Davi Lessa celebra a medalha de honra ao mérito conquistada na Olimpíada Nacional de Nanotecnologia, em São PauloFoto: Divulgação
Talento de Macaé brilha em olimpíada nacional e conquista medalha de honra ao mérito
Com apenas 14 anos, Davi Lessa gabaritou a prova da Olimpíada Nacional de Nanotecnologia e levou o nome da cidade ao pódio em São Paulo
Macaé - Entre centenas de jovens de todo o país, um nome de Macaé se destacou: Davi Lessa, estudante do Instituto Nossa Senhora da Glória – INSG/Castelo, brilhou na Olimpíada Nacional de Nanotecnologia (ONANO 2025) ao conquistar a medalha de honra ao mérito. A conquista foi ainda mais especial porque Davi gabaritou a prova, feito que o colocou entre os melhores do Brasil na competição realizada na Universidade Presbiteriana Mackenzie, em São Paulo.
A olimpíada reúne estudantes que se aventuram no fascinante universo da nanotecnologia, uma área que une ciência, inovação e curiosidade sobre o mundo em escala microscópica. Mais do que números e fórmulas, o evento estimula o pensamento científico e o desejo de descobrir.
Com brilho nos olhos, Davi contou que a experiência foi marcante. “Achei a olimpíada muito interessante.

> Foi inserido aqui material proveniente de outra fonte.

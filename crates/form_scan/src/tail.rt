//! Reading what follows the opcode.
ghost use Rattle.std.specs.Prelude.{◌≡◌, ◌≤◌, length, IfOk};
ghost use Rattle.form_scan.specs.Shaped.{disp_size, word_size, reg_is_zero, imm_size, number_of, signed_of, fields_of};
ghost use Rattle.form_scan.specs.Reading.{Gives, optional_at, chunk_at, tail_at};

use crate::kinds::{Front, Head, Stop};
use row_table::{Fields, wants_sib};

/// A byte where one is wanted: ModRM or SIB.
#[tactic(auto, unfolding(crate::specs::Reading::optional_at))]
fn read_optional(wanted: bool, bytes: &[u8]) -> Result<(Option<u8>, &[u8]), Stop>
    ensures { Gives (λ x. (x.0, x.1.now)) result (optional_at wanted bytes.now) }
{
    if wanted {
        match bytes {
            [] => Err(Stop::Short),
            [byte, rest @ ..] => Ok((Some(*byte), rest)),
        }
    } else {
        Ok((None, bytes))
    }
}

/// That many bytes.
#[tactic(auto, unfolding(crate::specs::Reading::chunk_at))]
fn read_chunk(size: u8, bytes: &[u8]) -> Result<(&[u8], &[u8]), Stop>
    ensures gives { Gives (λ x. (x.0.now, x.1.now)) result (chunk_at size bytes.now) }
    ensures long { IfOk result (λ x. length x.0.now ≡ size) }
{
    if bytes.len() < size as usize {
        return Err(Stop::Short);
    }
    Ok(bytes.split_at(size as usize))
}

/// The size of the displacement.
fn disp_len(modrm: Option<u8>, sib: Option<u8>) -> u8
    ensures { result ≡ disp_size modrm sib }
{
    match modrm {
        None => 0,
        Some(byte) => match byte / 64 {
            1 => 1,
            2 => 4,
            0 if byte % 8 == 5 => 4,
            0 => match sib {
                None => 0,
                Some(sib) => if sib % 8 == 5 { 4 } else { 0 },
            },
            _ => 0,
        },
    }
}

/// The size of an immediate that goes by operand size and has at most 4 bytes.
fn word_len(w: bool, p66: bool) -> u8
    ensures { result ≡ word_size w p66 }
{
    if p66 && !w { 2 } else { 4 }
}

fn is_reg_zero(modrm: Option<u8>) -> bool
    ensures { result ≡ reg_is_zero modrm }
{
    match modrm {
        None => false,
        Some(byte) => byte / 8 % 8 == 0,
    }
}

/// The size of the immediate, by its size code.
fn imm_len(w: bool, front: Front, code: u8, modrm: Option<u8>) -> u8
    ensures { result ≡ imm_size w front.p66 front.p67 code modrm }
{
    let word = word_len(w, front.p66);
    match code {
        10 => word,
        11 => if w { 8 } else { word },
        12 => if front.p67 { 4 } else { 8 },
        13 => if is_reg_zero(modrm) { 1 } else { 0 },
        14 => if is_reg_zero(modrm) { word } else { 0 },
        1 => 1,
        2 => 2,
        4 => 4,
        8 => 8,
        _ => 0,
    }
}

/// An immediate as a number, without its sign.
#[tactic(auto, unfolding(crate::specs::Shaped::number_of))]
fn number(bytes: &[u8]) -> u64
    ensures { result ≡ number_of bytes.now }
{
    match bytes {
        [a] => *a as u64,
        [a, b] => u16::from_le_bytes([*a, *b]) as u64,
        [a, b, c, d] => u32::from_le_bytes([*a, *b, *c, *d]) as u64,
        [a, b, c, d, e, f, g, h] => u64::from_le_bytes([*a, *b, *c, *d, *e, *f, *g, *h]),
        _ => 0,
    }
}

/// A displacement as a signed number.
#[tactic(auto, unfolding(crate::specs::Shaped::signed_of))]
fn signed(bytes: &[u8]) -> i64
    ensures { result ≡ signed_of bytes.now }
{
    match bytes {
        [a] => i8::from_le_bytes([*a]) as i64,
        [a, b, c, d] => i32::from_le_bytes([*a, *b, *c, *d]) as i64,
        _ => 0,
    }
}

/// The fields that the parts give.
#[tactic(auto, unfolding(crate::specs::Shaped::fields_of))]
fn fields(head: Head, modrm: Option<u8>, sib: Option<u8>, disp: &[u8], imm: &[u8]) -> Fields
    requires disp { length disp.now ≤ 255 }
    requires imm { length imm.now ≤ 255 }
    ensures { result ≡ fields_of head.front head.payload head.opcode modrm sib disp.now imm.now }
{
    let Head {
        front,
        payload,
        opcode,
        ..
    } = head;
    Fields {
        class: payload.class,
        segment: front.segment,
        lock: front.lock,
        rep: front.rep,
        p66: front.p66,
        p67: front.p67,
        rex: front.rex != 0,
        w: payload.w,
        r: payload.r,
        x: payload.x,
        b: payload.b,
        v: payload.v,
        l: payload.l,
        pp: payload.pp,
        map: payload.map,
        opcode,
        modrm,
        sib,
        disp: signed(disp),
        disp_len: disp.len() as u8,
        imm: number(imm),
        imm_len: imm.len() as u8,
        z: payload.z,
        bc: payload.bc,
        aaa: payload.aaa,
    }
}

/// ModRM, SIB, displacement and immediate.
#[tactic(auto, unfolding(crate::specs::Reading::tail_at))]
pub(crate) fn read_tail(head: Head, bytes: &[u8]) -> Result<(Fields, &[u8]), Stop>
    ensures { Gives (λ x. (x.0, x.1.now)) result (tail_at head bytes.now) }
{
    let (modrm, rest) = read_optional(head.shape.modrm, bytes)?;
    let (sib, rest) = read_optional(wants_sib(modrm), rest)?;
    let (disp, rest) = read_chunk(disp_len(modrm, sib), rest)?;
    let imm_len = imm_len(head.payload.w, head.front, head.shape.imm, modrm);
    let (imm, rest) = read_chunk(imm_len, rest)?;
    Ok((fields(head, modrm, sib, disp, imm), rest))
}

Estudei bastante, fiz muitos exercícios e fiquei muito feliz com a medalha. Foi muito legal poder ir a São Paulo, conhecer outro lugar, fazer amigos e participar de uma cerimônia tão bonita. É divertido estar lá e conhecer gente de vários lugares”, disse o jovem medalhista.
Para a coordenadora pedagógica do Ensino Fundamental II, Priscila Sousa, o resultado é motivo de orgulho e também um reflexo da proposta pedagógica da escola. “A Olimpíada de Nanotecnologia é nova, e o Colégio Castelo foi a única escola da região a participar. É uma oportunidade para que nossos estudantes testem seus conhecimentos além da base curricular. Buscamos incentivar experiências que estimulem a criatividade, a pesquisa e o protagonismo dos alunos”, afirmou.
A ONANO é organizada pelo Centro de Inovação em Novas Energias (CINE), em parceria com a Universidade Federal de São Carlos (UFSCar), Unicamp e o Laboratório Nacional de Nanotecnologia (LNNano/CNPEM). Consolidada como uma das competições mais inovadoras do país, a olimpíada vem revelando talentos e despertando vocações científicas, mostrando que o futuro da pesquisa brasileira pode estar bem mais próximo do que se imagina, inclusive em Macaé.